Елена Макарова, Сергей Макаров. Крепость над бездной. Терезинские лекции, 1941 — st1:metricconverter productid="1944. М" 1944. М /st1:metricconverter ., Gesharim / “Мосты культуры”, 2006, 456 стр.
Когда-то, рассуждая об “Архипелаге ГУЛАГ”, Лидия Чуковская написала, что семью частями своей книги Солженицын возвел величавый памятник запытанным на следствии, расстрелянным в подвалах, умерщвленным на этапах и в лагерях. Воспользовавшись ее мыслью, думаю сегодня, что четырьмя частями своей книги (перед нами — третий, предпоследний том терезинской эпопеи) супруги Макаровы создали свой скорбный и величавый памятник одному из самых фарисейских плодов недосгнившего человеконенавистнического “древа” — показательному транзитному лагерю Терезин на чешской земле. Механизм существования этого “подарка фюрера евреям”, колоссальной “потемкинской деревни”, точнее, “потемкинского города”, управлявшегося еврейским Советом старейшин под контролем немецкой комендатуры, был столь отлажен и продуман4 , что Адольфу Эйхману и в страшном сне не могло увидеться подобное разоблачение. Читателю следует знать, что к концу войны, после изнурительного труда, болезней и постоянной отправки в лагеря уничтожения, в Терезине осталась в живых примерно пятая часть всех заключенных.

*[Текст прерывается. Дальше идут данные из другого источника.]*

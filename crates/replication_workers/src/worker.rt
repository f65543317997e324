//! What takes jobs from a queue and copies their packets.
ghost use Rattle.std.specs.Prelude.{◌≡◌, [], ◌∷◌, map};
ghost use Rattle.crossbeam_channel.specs.{Claims.{IsSeatAt, view}, Ends.{receives_on}};
ghost use Rattle.published_table.specs.Views.{publisher_of};
ghost use Rattle.replication_workers.specs.{Queue.{IsTaking}, Replicators.{view_of}};

use crate::counts::{Counts, handle};
use crate::queue::{Item, QueuePass, Receiver, Takes};
use crate::replicator::Replicator;
use crate::slot::Left;
use amt_ports::{OutLink, Task};
use published_table::View;
use std::sync::Wait;

mod thread;

pub use thread::start_worker;

/// A slot's replicator, and the taking end of its queue.
#[derive(Drop)]
pub struct Worker<O: OutLink> {
    replicator: Replicator<O>,
    inbox: Receiver,
    pass: QueuePass,
    ghost seated: { IsSeatAt (receives_on inbox) pass },
    ghost taking: { IsTaking (view pass) },
    ghost fresh: { (view pass).taken ≡ [] },
    ghost home: { map publisher_of (view pass).home ≡ publisher_of (view_of replicator) ∷ [] },
}

/// What a worker leaves.
#[derive(Drop)]
pub struct WorkerDone<O> {
    pub out: O,
    pub view: View,
    /// How many jobs it handled.
    pub jobs: u64,
    /// How many datagrams were sent.
    pub sent: u64,
    /// How many the device didn't take.
    pub unsent: u64,
    pass: QueuePass,
}

impl<O: OutLink> Worker<O> {
    /// A worker with this replicator, which takes from a new queue with this pass.
    pub(crate) fn new(replicator: Replicator<O>, inbox: Receiver, pass: QueuePass) -> Worker<O>
        requires seat { IsSeatAt (receives_on inbox) pass }
        requires taking { IsTaking (view pass) }
        requires fresh { (view pass).taken ≡ [] }
        requires home { map publisher_of (view pass).home ≡ publisher_of (view_of replicator) ∷ [] }
        ensures replicator { result.replicator ≡ replicator }
        ensures inbox { result.inbox ≡ inbox }
    {
        Worker {
            replicator,
            inbox,
            pass,
        }
    }

    /// The replicator of a worker that is not to be run.
    pub(crate) fn into_replicator(self) -> Replicator<O>
        ensures { result ≡ self.replicator }
    {
        let Worker {
            replicator,
            inbox: _inbox,
            pass: _pass,
        } = self;
        replicator
    }
}

impl<O> WorkerDone<O> {
    /// What it left, and the pass of the end that took Stop.
    pub(crate) fn into_left(self) -> (Left<O>, QueuePass)
        ensures { (result.0.out ≡ self.out) × (result.0.view ≡ self.view) × (result.0.jobs ≡ self.jobs)
            × (result.0.sent ≡ self.sent) × (result.0.unsent ≡ self.unsent) × (result.1 ≡ self.pass) }
    {
        let WorkerDone {
            out,
            view,
            jobs,
            sent,
            unsent,
            pass,
        } = self;
        let left = Left {
            out,
            view,
            jobs,
            sent,
            unsent,
        };
        (left, pass)
    }
}

impl<O: OutLink + Drop> Task for Worker<O> {
    ghost use Rattle.replication_workers.specs.Workers.{WorkerGives};

    type Done = WorkerDone<O>;

    ghost gives = { WorkerGives };

    /// Handles the jobs in order until Stop.
    fn run<R: Wait>(self, rt: &R) -> WorkerDone<O> {
        let Worker {
            mut replicator,
            inbox,
            mut pass,
        } = self;
        let mut counts = Counts::none();
        for _ in rt.forever() {
            match inbox.recv_as::<Takes, R>(rt, &mut pass) {
                Ok(Item::Work(job)) => {
                    handle(rt, &mut replicator, &mut counts, job);
                }
                Ok(Item::Stop) => {
                    let (view, out) = replicator.into_parts();
                    let Counts { jobs, sent, unsent } = counts;
                    return WorkerDone {
                        out,
                        view,
                        jobs,
                        sent,
                        unsent,
                        pass,
                    };
                }
                Ok(Item::Home(_home)) => {}
                // Nothing was there, or the sender is gone, which can't be before Stop: asked again.
                Err(_) => {}
            }
        }
        unreachable!()
    }
}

В том или ином виде следы терезинской жизни в разное время становились доступными широкой общественности (выставки, фильмы), но, очевидно, лишь настоящий четырехтомник свел все воедино, и стержнем этой скорбной истории стало, как это ни парадоксально, не слово “смерть”, но — “жизнь”. Эпопея-исследование “Крепость над бездной” — это сведенная воедино история интеллектуальной жизни в знаменитом концлагере-гетто.
Макаровы исследовали “лекционную тему” жизни Терезина, воспользовавшись сохранившимися текстами, конспектами и документами лагерного Отдела досуга (по-немецки — Управления свободного времени). И хотя по нацистским законам евреям в Терезине было запрещено учиться, после обработки всех документов оказалось, что в лагере существовал настоящий виртуальный университет — со всеми мыслимыми и немыслимыми факультетами.

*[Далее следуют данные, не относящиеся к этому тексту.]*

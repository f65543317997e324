//! How a running gateway begins: its machine, its first moment, and the joins of its settings.
ghost use Rattle.std.specs.Prelude.{◌≡◌, ◌≤◌, ◌<◌, ◌+◌, ◌^◌, [], ◌∷◌, All, IfOk, OnErr, OnOk, length, map};
ghost use Rattle.gateway_machine.specs.Events.{IsEventOf};
ghost use Rattle.amt_ports.specs.Devices.{link_at, out_at};
ghost use Rattle.gateway_serving.specs.{Counting.{no_counts}, Servers.{IsFresh, counts_in, events_in, latest_in, settings_in, tally_in}, Settings.{IsLawfulConfig, opening_of}, Stages.{BeginsWith, OpensSo}, Traces.{WorkDoes, at_work, nothing, taking}};

use super::Server;
use crate::counts::Counts;
use crate::course::Course;
use crate::outcomes::Outcomes;
use crate::settings::settings_of;
use amt_config::{GatewayConfig, Join};
use amt_ports::{Clock, Link, OutLink};
use amt_values::{Bytes, Moment};
use gateway_machine::{Gateway, GatewayEvent};
use source_filter::copy_filter;
use std::alloc::{AllocError, Global};

// The socket call of a join.
fn opening(alloc: Global, join: &Join) -> Result<GatewayEvent, AllocError>
    ensures { IfOk result (λ event. event ≡ opening_of join.now) }
{
    Ok(GatewayEvent::Open {
        name: Bytes::copied(alloc, join.name.as_slice())?,
        group: join.group,
        filter: copy_filter(alloc, &join.filter)?,
    })
}

impl Server {
    /// A gateway to which nothing has happened, with the first nonce of this word.
    pub(crate) fn start(
        alloc: Global,
        config: &GatewayConfig,
        word: u64,
    ) -> Result<Server, AllocError>
        requires config { IsLawfulConfig config.now }
        ensures fresh { IfOk result (IsFresh config.now word) }
    {
        let first = (word & 0xffff_ffff) as u32;
        let gateway = Gateway::new(alloc, settings_of(config), first)?;
        let outcomes = Outcomes::new(alloc)?;
        Ok(Server {
            gateway,
            v6: config.v6,
            deliver: config.deliver,
            latest: Moment::new(0).unwrap(),
            counts: Counts::new(),
            outcomes,
            first,
            course: Course::new(),
        })
    }

    // Opens a join. Where memory ran out nothing happened.
    fn open_join<L: Link, O: OutLink>(
        &mut self,
        alloc: Global,
        join: &Join,
        link: &mut L,
        out: &mut O,
    ) -> Result<(), AllocError>
        requires few { tally_in self.old < 2 ^ 61 }
        requires join { IsEventOf (settings_in self.old) (opening_of join.now) }
        ensures takes { OnOk result (WorkDoes (taking (opening_of join.now ∷ []))
            (at_work self.old (link_at L.Link link.old) (L.longest_wait link.old) (out_at O.OutLink out.old))
            (at_work self.new (link_at L.Link link.new) (L.longest_wait link.new) (out_at O.OutLink out.new))) }
        ensures none { OnErr result (WorkDoes nothing
            (at_work self.old (link_at L.Link link.old) (L.longest_wait link.old) (out_at O.OutLink out.old))
            (at_work self.new (link_at L.Link link.new) (L.longest_wait link.new) (out_at O.OutLink out.new))) }
    {
        let event = opening(alloc, join)?;
        self.take(alloc, &event, link, out)
    }

    // Opens the joins, in order, up to the one that memory refused.
    fn open_joins<L: Link, O: OutLink>(
        &mut self,
        alloc: Global,
        joins: &[Join],
        link: &mut L,
        out: &mut O,
    ) -> Result<(), AllocError>
        requires joins { All (λ join. IsEventOf (settings_in self.old) (opening_of join)) joins.now }
        requires few { tally_in self.old + length joins.now < 2 ^ 61 }
        ensures begins { BeginsWith (map opening_of joins.now)
            (at_work self.old (link_at L.Link link.old) (L.longest_wait link.old) (out_at O.OutLink out.old))
            (at_work self.new (link_at L.Link link.new) (L.longest_wait link.new) (out_at O.OutLink out.new)) result }
    {
        for join in joins {
            self.open_join(alloc, join, link, out)?;
        }
        Ok(())
    }

    /// The first moment of the run, and then the joins. Nothing is due before the first join, so memory refuses no
    /// moment here.
    pub(crate) fn open<C: Clock, L: Link, O: OutLink>(
        &mut self,
        alloc: Global,
        joins: &[Join],
        clock: &mut C,
        link: &mut L,
        out: &mut O,
    ) -> Result<(), AllocError>
        requires joins { All (λ join. IsEventOf (settings_in self.old) (opening_of join)) joins.now }
        requires none { events_in self.old ≡ [] }
        requires uncounted { counts_in self.old ≡ no_counts }
        requires early { latest_in self.old ≡ 0 }
        ensures opens { OpensSo joins.now
            (at_work self.old (link_at L.Link link.old) (L.longest_wait link.old) (out_at O.OutLink out.old))
            (at_work self.new (link_at L.Link link.new) (L.longest_wait link.new) (out_at O.OutLink out.new))
            (C.given clock.old) (C.given clock.new) result }
        ensures few { tally_in self.new ≤ 2 ^ 60 }
    {
        self.latest = clock.now();
        self.take(alloc, &GatewayEvent::Moment(self.latest), link, out)?;
        self.open_joins(alloc, joins, link, out)
    }
}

Вот немного статистики (она у Макаровых “работает” иной раз едва ли не сильнее основных архивных текстов): слово “жизнь” встречается в названиях лекций 107 раз, в то время как слово “смерть” — всего только 7, да и то когда идет речь о деятелях прошлого, умерших своей смертью; из 520 лекторов 347 умерло, из них 37 — в Терезине и 310 — в лагерях уничтожения или на пути в них; самому старому лектору было 85 лет, а самой юной — 17, она читала доклады по психологии; 266 из 520 лекторов имели докторскую степень, 14 были раввинами.

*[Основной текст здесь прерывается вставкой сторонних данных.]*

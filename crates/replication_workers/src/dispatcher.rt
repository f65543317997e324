//! What gives jobs to slots: to workers, each in a thread of its own, or to replicators on the calling thread.
ghost use Rattle.std.specs.Prelude.{◌≤◌, ◌^◌, length, map};
ghost use Rattle.replication_workers.specs.{Gathering.{HasRoom, IsFresh}, KeptSlots.{AreThreaded, state_of}, SlotStates.{jobs_in_all}};

use crate::batch::Batch;
use crate::replicator::Replicator;
use amt_ports::OutLink;
use gathered::Gathered;
use kept::Kept;
use published_table::Views;

mod choosing;
mod filling;
mod finishing;
mod gathered;
mod inline_slot;
mod jobs_so_far;
mod kept;
mod readying;
mod starting;
mod using;

/// The links of the slots, in slot order.
pub type Outs<O> = Batch<O>;

/// The replicators of the slots, in slot order.
pub type Replicators<O> = Batch<Replicator<O>>;

/// Why no dispatcher was started.
#[derive(Drop)]
pub enum StartFault<O: OutLink> {
    /// Out of memory: nothing was started, and the replicators come back.
    Memory(Replicators<O>),
    /// The spawner refused a start. The link and the view of that slot are lost with it; those of all others
    /// come back, in slot order.
    Failed { outs: Outs<O>, views: Views },
}

/// What a dispatcher leaves.
#[derive(Drop)]
pub struct Finished<O> {
    /// The links, in slot order.
    pub outs: Outs<O>,
    /// The views, in slot order.
    pub views: Views,
    /// How many datagrams were sent.
    pub sent: u64,
    /// How many the links didn't take.
    pub unsent: u64,
    /// How many jobs were copied on the calling thread.
    pub inline: u64,
}

/// Gives each job to one of its slots. It isn't `Drop`: end it by `finish`.
pub struct Dispatcher<O: OutLink, T> {
    slots: Vec<Kept<O, T>>,
    // Room for what the slots leave.
    gathered: Gathered<O>,
    threads: bool,
    ghost kinds: { AreThreaded threads slots.items },
    ghost some: { 1 ≤ length slots.items },
    ghost few_slots: { length slots.items ≤ 64 },
    ghost few_jobs: { jobs_in_all (map state_of slots.items) ≤ 2 ^ 46 },
    ghost fresh: { IsFresh gathered },
    ghost room: { HasRoom (length slots.items) gathered },
}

Из вереницы цитат-высказываний, вводящих в книгу (раздел называется “Университет страдания и страстей”), видно, что лагерь не был умиляющим душу сообществом людей, сплоченных братством во имя жизни: “Добрых здесь угнетают, злые же всегда и везде устраиваются. Лучше они здесь не становятся, только хуже. <…> Терезин — это выродок, плод горячечной фантазии национал-социалистического монстра, механизм угнетения и террора, работающий с удвоенной силой благодаря еврейскому самоуправлению. Бескорыстна здесь одна смерть. Она стоит жизни, а жизнь здесь ничего не стоит” (д-р Норберт Штерн). Но тут же говорит некий Арношт Рейзер: “Лекции были живыми, будили мысль. <…> Мы понимали, что все здесь временно, что может не быть никакого продолжения, одна-две лекции — и лектор или слушатели пойдут на транспорт. И это невероятно стимулировало. Лекции были событием, а не рутиной, как в нынешнем учебном заведении”.